EXERCISE AIM
The listing below holds a line with "push_byte(&mut notes.console, cycled.byte)?;" and a later line with "M.cycles machine.old ≡". Write out those two lines and every line between them, exactly, and nothing else.

RECORDS TO PROCESS
▼

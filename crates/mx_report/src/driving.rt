//! Running a machine.
ghost use Rattle.std.specs.Prelude.{◌≡◌, ◌≤◌, ◌<◌, ◌+◌, ◌++◌, ◌^◌, [], List, ℕ, Bool, OnOk, IfOk, cond, false, suc, min};
ghost use Rattle.mx_turn.specs.Program.{Program, state_after};
ghost use Rattle.mx_turn.specs.Run.{bits, console_after, run_of};
ghost use Rattle.mx_report.specs.Driving.{trace_text, trace_line};

use crate::observing::{Observer, observe};
use crate::traces::push_trace_line;
use mx_board::Requests;
use mx_io::Memory;
use mx_text::push_byte;
use mx_turn::{Counts, Cycled, Latches, Machine};
use std::alloc::{AllocError, Global};

/// What a run gave: whether it halted, its counts, its console, and the lines of its trace.
#[derive(Drop)]
pub struct Driven {
    pub halted: bool,
    pub counts: Counts,
    pub console: Vec<u8>,
    pub trace: Vec<u8>,
}

// Appends the line of a cycle, where it is one of those asked for. The machine is as the cycle left it. The latches are asked
// for only then, since they cost as much as the cycle.
fn push_line_if<M: Machine>(
    alloc: Global,
    text: &mut Vec<u8>,
    asked: bool,
    cycle: u32,
    cycled: &Cycled,
    machine: &M,
) -> Result<(), AllocError>
    ensures { OnOk result ((p : Program) (h : List Bool) → M.stands machine.now p h
        → text.new.items ≡ text.old.items ++ cond asked (trace_line cycle cycled.now (state_after p h).shown) []) }
{
    if asked {
        push_trace_line(alloc, text, cycle, cycled.stalled, &machine.latches())
    } else {
        Ok(())
    }
}

// What `drive` looks at: the lines of the first cycles.
#[derive(Drop)]
struct Tracer {
    alloc: Global,
    lines: u32,
}

// What it notes: the console, and the lines.
#[derive(Drop)]
struct Traced {
    console: Vec<u8>,
    text: Vec<u8>,
}

// Nothing yet.
fn nothing_traced(alloc: Global) -> Traced
    ensures console { result.console.items ≡ [] }
    ensures text { result.text.items ≡ [] }
{
    Traced {
        console: Vec::new(alloc),
        text: Vec::new(alloc),
    }
}

impl<M: Machine> Observer<M> for Tracer {
    type Notes = Traced;

    ghost saw = { λ tracer traced p requests n.
        (traced.console.items ≡ console_after p (bits requests n)) × (traced.text.items ≡ trace_text p requests (min tracer.lines n)) };

    ghost fits = { λ tracer traced n. Unit {0} };

    ghost enough = { λ tracer traced. false };

    fn has_enough(&self, _notes: &Traced) -> bool {
        false
    }

    fn cycle(
        &self,
        notes: &mut Traced,
        machine: &mut M,
        cycle: u32,
        request: bool,
    ) -> Result<Cycled, AllocError> {
        let cycled = machine.cycle(request);
        push_byte(&mut notes.console, cycled.byte)?;
        let asked = cycle < self.lines;
        push_line_if(self.alloc, &mut notes.text, asked, cycle, &cycled, machine)?;
        Ok(cycled)
    }

    fn advance(
        &self,
        notes: &mut Traced,
        machine: &mut M,
        cycle: u32,
        most: u32,
    ) -> Result<u32, AllocError> {
        if cycle < self.lines {
            return Ok(0);
        }
        let done = machine.advance(u64::from(most), &mut notes.console)?;
        Ok(done as u32)
    }
}

/// Runs a machine from its start: the cycles 0, 1 and so on, each with its request, until the machine halts or `budget`
/// cycles are done. The trace has the lines of the first `trace` cycles.
pub fn drive<M: Machine>(
    alloc: Global,
    machine: &mut M,
    requests: &Requests,
    budget: u32,
    trace: u32,
) -> Result<Driven, Memory>
    requires start { M.cycles machine.old ≡ 0 }
    ensures halted { IfOk result (λ d. (p : Program) → M.stands machine.old p [] → d.halted ≡ (run_of p requests.now budget).halted) }
    ensures counts { IfOk result (λ d. (p : Program) → M.stands machine.old p [] → d.counts ≡ (run_of p requests.now budget).counts) }
    ensures console { IfOk result (λ d. (p : Program) → M.stands machine.old p [] → d.console.items ≡ (run_of p requests.now budget).console) }
    ensures trace { IfOk result (λ d. (p : Program) → M.stands machine.old p [] → d.trace.items ≡ trace_text p requests.now (min trace budget)) }
    ensures stands { OnOk result
        ((p : Program) → M.stands machine.old p [] → (h : List Bool) × M.stands machine.new p h × (state_after p h ≡ (run_of p requests.now budget).last)) }
{
    let tracer = Tracer {
        alloc,
        lines: trace,
    };
    let mut traced = nothing_traced(alloc);
    let reached = match observe(machine, requests, 0, budget, &tracer, &mut traced) {
        Ok(reached) => reached,
        Err(_) => return Err(Memory),
    };
    Ok(Driven {
        halted: reached.halted,
        counts: machine.counts(),
        console: traced.console,
        trace: traced.text,
    })
}
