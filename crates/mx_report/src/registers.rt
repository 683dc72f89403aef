//! The registers of a machine.
ghost use Rattle.std.specs.Prelude.{◌≡◌, ◌≤◌, ◌<◌, ℕ, List, Bool, map, slice_index};
ghost use Rattle.std.specs.List.{range_with_len};
ghost use Rattle.mx_isa.specs.Words.{reg};
ghost use Rattle.mx_turn.specs.Program.{Program, state_after};

use mx_isa::Reg;
use mx_turn::Machine;

// The value of the register of this number.
fn register_at<M: Machine>(machine: &M, n: u8) -> u32
    requires { n ≤ 31 }
    ensures { (p : Program) (h : List Bool) → M.stands machine.now p h → result ≡ reg (state_after p h).core.regs n }
{
    match Reg::new(n) {
        Some(register) => machine.register(register),
        None => 0,
    }
}

/// The values of all registers, in their order.
pub fn registers_of<M: Machine>(machine: &M) -> [u32; 32]
    ensures all { (p : Program) (h : List Bool) → M.stands machine.now p h → result ≡ map (reg (state_after p h).core.regs) (range_with_len 0 32) }
    ensures each { (p : Program) (h : List Bool) → M.stands machine.now p h
        → (k : ℕ) → k < 32 → slice_index result k ≡ reg (state_after p h).core.regs k }
{
    let mut registers = [0; 32];
    for n in 0..32u8 {
        registers[n as usize] = register_at(machine, n);
    }
    registers
}
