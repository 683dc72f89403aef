//! The labels that name one place.
ghost use Rattle.std.specs.Prelude.{◌≡◌, ℕ, ◌≤◌, ◌<◌, ◌++◌, ◌∷◌, [], ◌==◌, cond, length, codes, take, OnOk, IfOk};
ghost use Rattle.mx_source.specs.Sections.{names_at, is_place};

use crate::Label;
use mx_isa::DATA_BASE;
use std::alloc::{AllocError, Global};

/// Which places: those of statements, or those of data words.
#[derive(Clone, Copy)]
pub(crate) enum Section {
    Code,
    Data,
}

impl Section {
    /// The number of the place that a label names, counted from the first of the section.
    pub(crate) fn place(self, label: &Label) -> Option<usize>
        ensures { (k : ℕ) → is_place result k ≡ names_at self k label.now }
    {
        match (self, label) {
            (Section::Code, Label::Code(i)) => Some(*i as usize),
            (Section::Data, Label::Data(a)) if *a >= DATA_BASE => Some((*a - DATA_BASE) as usize),
            _ => None,
        }
    }
}

/// The lines of the labels of one place, and the length of the first one's name.
#[derive(Drop)]
pub(crate) struct Group {
    lines: Vec<u8>,
    first: usize,
    ghost within: { first ≤ length lines.items },
}

impl Group {
    /// No label yet.
    pub(crate) fn new(alloc: Global) -> Group
        ensures lines { result.lines.items ≡ [] }
        ensures first { result.first ≡ 0 }
    {
        Group {
            lines: Vec::new(alloc),
            first: 0,
        }
    }

    /// Adds a label.
    pub(crate) fn add(&mut self, name: &[u8]) -> Result<(), AllocError>
        ensures lines { OnOk result (self.new.lines.items ≡ self.old.lines.items ++ (name.now ++ codes ":\n")) }
        ensures first { OnOk result (self.new.first ≡ cond (length self.old.lines.items == 0) (length name.now) self.old.first) }
    {
        let is_first = self.lines.is_empty();
        self.lines.extend_from_slice(name)?;
        if is_first {
            self.first = name.len();
        }
        self.lines.extend_from_slice(b":\n")
    }

    /// The lines.
    pub(crate) fn lines(&self) -> &[u8]
        ensures { result.now ≡ self.now.lines.items }
    {
        self.lines.as_slice()
    }

    /// The name of the first label.
    pub(crate) fn first(&self) -> &[u8]
        ensures { result.now ≡ take self.now.first self.now.lines.items }
    {
        &self.lines[..self.first]
    }
}
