/// Whether a function jumps to addresses of labels that it gets as values: by a register, although it has no table of places. So a
/// function does that leaves for a label of another one.
fn jumps_by_values(program: &Program, function: &Function) -> bool {
    let mut jumps = false;
    for item in program.items_of(function) {
        if let Item::Code {
            instruction,
            symbol,
            ..
        } = item
        {
            if copies_link(instruction) || means_table(program, *symbol) {
                return false;
            }
            jumps = jumps || jumps_by_register(instruction);
        }
    }
    jumps
}

/// Keeps a function, and the next one where control may go on into it.
fn keep_function(
    program: &mut Program,
    named: &mut Vec<Named>,
    number: u32,
) -> Result<(), AllocError> {
    let mut at = number as usize;
    for _ in 0..program.functions.len() {
        let Some(function) = program.functions.get(at).copied() else {
            break;
        };
        if function.kept {
            break;
        }
        let goes_on = note_items(named, function.unit, program.items_of(&function))?;
        let by_values = jumps_by_values(program, &function);
        if let Some(kept) = program.functions.as_mut_slice().get_mut(at) {
            kept.kept = true;
            kept.computes = kept.computes || by_values;
        }
        if !goes_on {
            break;
        }
        at = at.saturating_add(1);
    }
    Ok(())
}

/// Keeps a datum. Answers the one that has to be kept with it: that which it follows, if it is empty.
fn keep_object(
    named: &mut Vec<Named>,
    object: &mut Object,
    is_table: bool,
) -> Result<Option<u32>, AllocError> {
    if object.kept {
        return Ok(None);
    }
    object.kept = true;
    note_references(named, object.unit, &object.content.references, is_table)?;
    if let Some(within) = object.within {
        named.push(Named {
            symbol: within.symbol,
            unit: object.unit,
            line: within.line,
            how: Use::Within,
        })?;
    }
    Ok(if object.content.size == 0 {
        object.after
    } else {
        None
    })
}

/// Keeps a datum, and those that it follows as long as they are empty.
fn keep_objects(
    program: &mut Program,
    named: &mut Vec<Named>,
    number: u32,
) -> Result<(), AllocError> {
    let mut at = number;
    for _ in 0..program.objects.len() {
        let is_table = is_table(program, at as usize);
        let Some(object) = program.objects.as_mut_slice().get_mut(at as usize) else {
            break;
        };
        match keep_object(named, object, is_table)? {
            Some(before) => at = before,
            None => break,
        }
    }
    Ok(())
}
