//! Values, statements and labels.
use mx_isa::{Cond, Inst, Reg};

/// What a register or a data word holds: a word, or the place of a statement in the source.
#[derive(Clone, Copy, Debug, PartialEq, Eq)]
pub enum Value {
    /// A word of 32 bits.
    Int(u32),
    /// The index of a statement, or the number of statements for the place after the last one.
    Code(u32),
}

/// A statement of the source language. A `target` is the index of a statement.
#[derive(Clone, Copy, Debug, PartialEq, Eq)]
pub enum Statement {
    /// A load, a store, a compute instruction, `addi`, or a move from or to MD.
    Plain(Inst),
    /// `la` of a code label.
    LaCode {
        dest: Reg,
        target: u32,
    },
    /// A branch on a condition.
    Branch {
        a: Reg,
        b: Reg,
        cond: Cond,
        target: u32,
    },
    /// A jump to a label that leaves the place of the next statement in `dest`.
    Call {
        dest: Reg,
        target: u32,
    },
    /// A jump to the place in `a` that leaves the place of the next statement in `dest`.
    CallReg {
        a: Reg,
        dest: Reg,
    },
    /// A jump to the place in `a`.
    JumpReg {
        a: Reg,
    },
    /// The end of the run.
    Halt,
}

/// What a label names.
#[derive(Clone, Copy, Debug, PartialEq, Eq)]
pub enum Label {
    /// The index of a statement, or the number of statements.
    Code(u32),
    /// The address of a data word.
    Data(u32),
}

/// Why a program can not go on.
#[derive(Clone, Copy, Debug, PartialEq, Eq)]
pub enum Why {
    /// There is no statement at the index.
    PastEnd,
    /// An operand that must be a word is a place of code.
    CodeOperand,
    /// A load from an address that is neither user data nor, in a source with input, that of the input.
    LoadOutside,
    /// A store to an address that is neither user data nor the console.
    StoreOutside,
    /// A store of a place of code to the console.
    CodeToConsole,
    /// A jump by a register that holds a word.
    JumpNotCode,
}
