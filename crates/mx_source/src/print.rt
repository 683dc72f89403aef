//! The canonical text of a source.
ghost use Rattle.std.specs.Prelude.{◌≡◌, ◌+◌, ◌<◌, ◌≤◌, ◌||◌, ◌++◌, ◌∷◌, [], length, All, false, IfOk, OnOk, codes};
ghost use Rattle.std.specs.List.{list_any};
ghost use Rattle.indexmap.specs.IndexMap.{values};
ghost use Rattle.mx_isa.specs.declared.board.TheConstants.{DATA_BASE, MAX_DATA_WORDS};
ghost use Rattle.mx_source.specs.Names.{named_labels};
ghost use Rattle.mx_source.specs.Labels.{is_data_label};
ghost use Rattle.mx_source.specs.Statements.{StatementFits, ValueFits};
ghost use Rattle.mx_source.specs.SourceValue.{IsSource};
ghost use Rattle.mx_source.specs.Printed.{Labels, place_name, spelled, condition_text, statement_text, value_text, code_text, words_text, data_text, has_words, input_text, printed};
ghost use Rattle.mx_source.specs.Operands.{operand_text};
ghost use Rattle.mx_source.specs.Groups.{AreGroups};

use crate::group::{Group, Section};
use crate::grouping::groups;
use crate::mnemonic::branch_name;
use crate::text::{Operand, Text};
use crate::{Label, Name, Source, Statement, Value};
use indexmap::IndexMap;
use mx_isa::Cond;
use std::alloc::{AllocError, Global};

/// The canonical text.
pub(crate) fn printed(alloc: Global, source: &Source) -> Result<Vec<u8>, AllocError>
    ensures { IfOk result (λ text. text.items ≡ printed source.now) }
{
    let mut text = Text::new(alloc);
    input_line(&mut text, source.input())?;
    let statements = source.statements();
    let labels = source.labels();
    let places = groups(alloc, Section::Code, statements.len() + 1, labels)?;
    code(&mut text, places.as_slice(), statements)?;
    data_section(
        alloc,
        &mut text,
        places.as_slice(),
        source.user_data(),
        labels,
    )?;
    Ok(text.into_bytes())
}

/// The line that says that the source has input.
fn input_line(text: &mut Text, input: Option<u32>) -> Result<(), AllocError>
    ensures { OnOk result (text.new ≡ text.old ++ input_text input) }
{
    match input {
        Some(_) => text.put(b".input\n"),
        None => Ok(()),
    }
}

/// The statements with their labels.
fn code(text: &mut Text, places: &[Group], statements: &[Statement]) -> Result<(), AllocError>
    requires places { length places.now ≡ length statements.now + 1 }
    requires fit { All (StatementFits (λ i. i < length places.now)) statements.now }
    ensures { OnOk result ((labels : Labels) → AreGroups Section.Code labels places.now →
        text.new ≡ text.old ++ code_text labels 0 statements.now) }
{
    for (i, one) in statements.iter().enumerate() {
        text.put(places[i].lines())?;
        statement(text, places, one)?;
        text.put(b"\n")?;
    }
    text.put(places[statements.len()].lines())
}

/// The data section, where there are data words or data labels.
fn data_section(
    alloc: Global,
    text: &mut Text,
    places: &[Group],
    words: &[Value],
    labels: &IndexMap<Name, Label>,
) -> Result<(), AllocError>
    requires few { length words.now ≤ MAX_DATA_WORDS }
    requires fit { All (ValueFits (λ i. i < length places.now)) words.now }
    requires groups { AreGroups Section.Code (named_labels labels.now.entries) places.now }
    ensures { OnOk result (text.new ≡ text.old ++ data_text (named_labels labels.now.entries) words.now) }
{
    if !has_section(words, labels) {
        return Ok(());
    }
    text.put(b".data\n")?;
    let at = groups(alloc, Section::Data, words.len() + 1, labels)?;
    user_data(text, places, at.as_slice(), words)
}

/// Whether there are data words or data labels.
fn has_section(words: &[Value], labels: &IndexMap<Name, Label>) -> bool
    ensures { result ≡ (has_words words.now || list_any is_data_label (values labels.now)) }
{
    !words.is_empty() || has_data_label(labels)
}

/// Whether some label is a data label.
fn has_data_label(labels: &IndexMap<Name, Label>) -> bool
    ensures { result ≡ list_any is_data_label (values labels.now) }
{
    labels.values().any(|label| matches!(label, Label::Data(_)))
}

/// The data words with their labels, of which the groups are `at`.
fn user_data(
    text: &mut Text,
    places: &[Group],
    at: &[Group],
    words: &[Value],
) -> Result<(), AllocError>
    requires groups { length at.now ≡ length words.now + 1 }
    requires fit { All (ValueFits (λ i. i < length places.now)) words.now }
    ensures { OnOk result ((labels : Labels) → AreGroups Section.Code labels places.now → AreGroups Section.Data labels at.now →
        text.new ≡ text.old ++ words_text labels DATA_BASE words.now) }
{
    for (i, word) in words.iter().enumerate() {
        text.put(at[i].lines())?;
        value(text, places, word)?;
        text.put(b"\n")?;
    }
    text.put(at[words.len()].lines())
}

/// A data word.
fn value(text: &mut Text, places: &[Group], value: &Value) -> Result<(), AllocError>
    requires { ValueFits (λ i. i < length places.now) value.now }
    ensures { OnOk result ((labels : Labels) → AreGroups Section.Code labels places.now →
        text.new ≡ text.old ++ spelled (codes ".word") (value_text labels value.now ∷ [])) }
{
    match value {
        Value::Int(word) => text.one(b".word", &Operand::Word(*word)),
        Value::Code(i) => text.one(b".word", &name(places, *i)),
    }
}

/// A statement.
fn statement(text: &mut Text, places: &[Group], statement: &Statement) -> Result<(), AllocError>
    requires { StatementFits (λ i. i < length places.now) statement.now }
    ensures { OnOk result ((labels : Labels) → AreGroups Section.Code labels places.now →
        text.new ≡ text.old ++ statement_text labels statement.now) }
{
    match statement {
        Statement::Plain(inst) => text.instruction(inst),
        Statement::LaCode { dest, target } => {
            text.two(b"la", &name(places, *target), &Operand::Register(*dest))
        }
        Statement::Branch { a, b, cond, target } => text.three(
            mnemonic(*cond),
            &Operand::Register(*a),
            &Operand::Register(*b),
            &name(places, *target),
        ),
        Statement::Call { dest, target } => {
            text.two(b"call", &name(places, *target), &Operand::Register(*dest))
        }
        Statement::CallReg { a, dest } => {
            text.two(b"callr", &Operand::Register(*a), &Operand::Register(*dest))
        }
        Statement::JumpReg { a } => text.one(b"jr", &Operand::Register(*a)),
        Statement::Halt => text.put(b"halt"),
    }
}

/// The name of a place of code: that of its first label.
fn name(places: &[Group], i: u32) -> Operand<'_>
    requires { i < length places.now }
    ensures { (labels : Labels) → AreGroups Section.Code labels places.now → operand_text result ≡ place_name labels i }
{
    Operand::Name(places[i as usize].first())
}

/// The mnemonic of a branch, as bytes.
fn mnemonic(cond: Cond) -> &'static [u8]
    ensures { result.now ≡ condition_text cond }
{
    branch_name(cond).as_bytes()
}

▲

RESULT OF THE TASK
        push_byte(&mut notes.console, cycled.byte)?;
        let asked = cycle < self.lines;
        push_line_if(self.alloc, &mut notes.text, asked, cycle, &cycled, machine)?;
        Ok(cycled)
    }

    fn advance(
        &self,
        notes: &mut Traced,
        machine: &mut M,
        cycle: u32,
        most: u32,
    ) -> Result<u32, AllocError> {
        if cycle < self.lines {
            return Ok(0);
        }
        let done = machine.advance(u64::from(most), &mut notes.console)?;
        Ok(done as u32)
    }
}

/// Runs a machine from its start: the cycles 0, 1 and so on, each with its request, until the machine halts or `budget`
/// cycles are done. The trace has the lines of the first `trace` cycles.
pub fn drive<M: Machine>(
    alloc: Global,
    machine: &mut M,
    requests: &Requests,
    budget: u32,
    trace: u32,
) -> Result<Driven, Memory>
    requires start { M.cycles machine.old ≡ 0 }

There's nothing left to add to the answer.